What you have to do
Say how many lines in the records contain the string "bool". Nothing but the number should be given.
**** Dataset records ****
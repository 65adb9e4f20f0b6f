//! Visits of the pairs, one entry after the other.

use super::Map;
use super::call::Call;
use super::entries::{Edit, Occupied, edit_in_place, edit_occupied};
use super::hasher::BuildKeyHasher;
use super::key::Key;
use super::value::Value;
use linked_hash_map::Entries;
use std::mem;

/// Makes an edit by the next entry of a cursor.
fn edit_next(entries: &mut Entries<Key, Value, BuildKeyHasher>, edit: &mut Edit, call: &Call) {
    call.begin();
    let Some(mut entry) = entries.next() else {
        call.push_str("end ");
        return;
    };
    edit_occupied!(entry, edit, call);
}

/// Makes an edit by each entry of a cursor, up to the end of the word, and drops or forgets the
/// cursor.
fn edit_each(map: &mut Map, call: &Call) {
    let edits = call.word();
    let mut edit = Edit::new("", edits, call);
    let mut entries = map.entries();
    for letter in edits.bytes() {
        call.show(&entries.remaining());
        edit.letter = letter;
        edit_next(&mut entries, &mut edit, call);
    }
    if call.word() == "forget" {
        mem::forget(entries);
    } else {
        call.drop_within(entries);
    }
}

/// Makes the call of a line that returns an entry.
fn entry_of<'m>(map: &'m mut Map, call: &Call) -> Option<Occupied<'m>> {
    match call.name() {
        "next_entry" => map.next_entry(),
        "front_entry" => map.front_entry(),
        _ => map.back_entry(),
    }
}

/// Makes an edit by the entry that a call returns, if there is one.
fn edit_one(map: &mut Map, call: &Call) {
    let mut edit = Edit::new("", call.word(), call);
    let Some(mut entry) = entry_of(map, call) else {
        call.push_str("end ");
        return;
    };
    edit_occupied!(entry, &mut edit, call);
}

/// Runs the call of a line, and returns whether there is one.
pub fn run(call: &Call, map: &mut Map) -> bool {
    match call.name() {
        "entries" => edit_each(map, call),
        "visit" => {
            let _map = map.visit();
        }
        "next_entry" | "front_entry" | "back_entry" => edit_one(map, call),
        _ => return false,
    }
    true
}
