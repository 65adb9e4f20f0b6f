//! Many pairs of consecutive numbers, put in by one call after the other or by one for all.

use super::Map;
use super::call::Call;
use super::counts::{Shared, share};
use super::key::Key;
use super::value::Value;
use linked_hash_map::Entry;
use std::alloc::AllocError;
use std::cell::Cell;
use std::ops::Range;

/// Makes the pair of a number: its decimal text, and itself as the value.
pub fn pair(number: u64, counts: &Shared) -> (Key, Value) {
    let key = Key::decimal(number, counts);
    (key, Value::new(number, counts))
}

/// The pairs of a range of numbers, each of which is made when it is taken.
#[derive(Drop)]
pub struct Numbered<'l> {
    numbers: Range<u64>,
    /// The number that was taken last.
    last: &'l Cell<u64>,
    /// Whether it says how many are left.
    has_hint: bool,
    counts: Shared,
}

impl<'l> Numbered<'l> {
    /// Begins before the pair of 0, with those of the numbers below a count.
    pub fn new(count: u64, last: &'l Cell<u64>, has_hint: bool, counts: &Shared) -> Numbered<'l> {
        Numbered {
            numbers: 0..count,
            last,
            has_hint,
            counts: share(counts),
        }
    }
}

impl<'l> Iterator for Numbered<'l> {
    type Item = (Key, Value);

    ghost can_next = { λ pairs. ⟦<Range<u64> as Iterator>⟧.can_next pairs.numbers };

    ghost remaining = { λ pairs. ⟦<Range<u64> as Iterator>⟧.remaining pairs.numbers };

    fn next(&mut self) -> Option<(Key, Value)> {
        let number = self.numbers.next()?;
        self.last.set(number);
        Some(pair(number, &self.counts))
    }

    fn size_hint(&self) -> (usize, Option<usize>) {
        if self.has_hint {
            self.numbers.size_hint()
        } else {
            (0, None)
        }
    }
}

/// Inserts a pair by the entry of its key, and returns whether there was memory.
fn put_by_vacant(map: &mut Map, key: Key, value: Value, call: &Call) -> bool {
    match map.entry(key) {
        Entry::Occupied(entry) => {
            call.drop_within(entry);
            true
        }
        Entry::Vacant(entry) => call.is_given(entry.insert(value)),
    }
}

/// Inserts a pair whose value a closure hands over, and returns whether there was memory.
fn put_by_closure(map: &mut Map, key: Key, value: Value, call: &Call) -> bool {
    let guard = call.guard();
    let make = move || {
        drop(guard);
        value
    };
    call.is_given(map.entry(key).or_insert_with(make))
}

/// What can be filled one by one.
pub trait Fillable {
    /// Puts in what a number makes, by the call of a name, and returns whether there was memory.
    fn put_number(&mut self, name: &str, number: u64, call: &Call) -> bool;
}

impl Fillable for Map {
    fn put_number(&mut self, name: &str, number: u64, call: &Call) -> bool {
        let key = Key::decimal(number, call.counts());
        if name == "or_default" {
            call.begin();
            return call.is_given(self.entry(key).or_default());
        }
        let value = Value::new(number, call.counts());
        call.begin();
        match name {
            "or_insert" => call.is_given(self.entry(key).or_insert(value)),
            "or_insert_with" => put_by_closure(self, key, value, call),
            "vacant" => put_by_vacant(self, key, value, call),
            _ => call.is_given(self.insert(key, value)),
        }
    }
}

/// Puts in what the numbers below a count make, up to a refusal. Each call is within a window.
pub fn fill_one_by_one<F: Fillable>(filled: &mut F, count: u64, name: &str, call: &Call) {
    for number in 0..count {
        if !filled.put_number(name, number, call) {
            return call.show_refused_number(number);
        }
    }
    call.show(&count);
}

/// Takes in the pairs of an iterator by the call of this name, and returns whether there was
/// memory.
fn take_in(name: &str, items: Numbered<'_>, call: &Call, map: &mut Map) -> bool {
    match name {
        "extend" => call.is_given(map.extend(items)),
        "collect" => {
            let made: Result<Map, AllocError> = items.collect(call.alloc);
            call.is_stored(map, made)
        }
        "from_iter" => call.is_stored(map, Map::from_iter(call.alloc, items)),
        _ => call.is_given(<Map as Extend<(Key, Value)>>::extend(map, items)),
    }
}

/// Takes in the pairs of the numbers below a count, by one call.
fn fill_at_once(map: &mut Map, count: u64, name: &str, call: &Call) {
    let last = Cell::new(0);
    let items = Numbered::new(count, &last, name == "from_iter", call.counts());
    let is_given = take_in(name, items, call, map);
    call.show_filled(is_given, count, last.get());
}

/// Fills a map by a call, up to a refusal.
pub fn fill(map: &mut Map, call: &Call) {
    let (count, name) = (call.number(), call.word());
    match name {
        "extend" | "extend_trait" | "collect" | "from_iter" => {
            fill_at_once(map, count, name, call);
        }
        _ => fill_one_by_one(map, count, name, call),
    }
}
****
Response to the task
8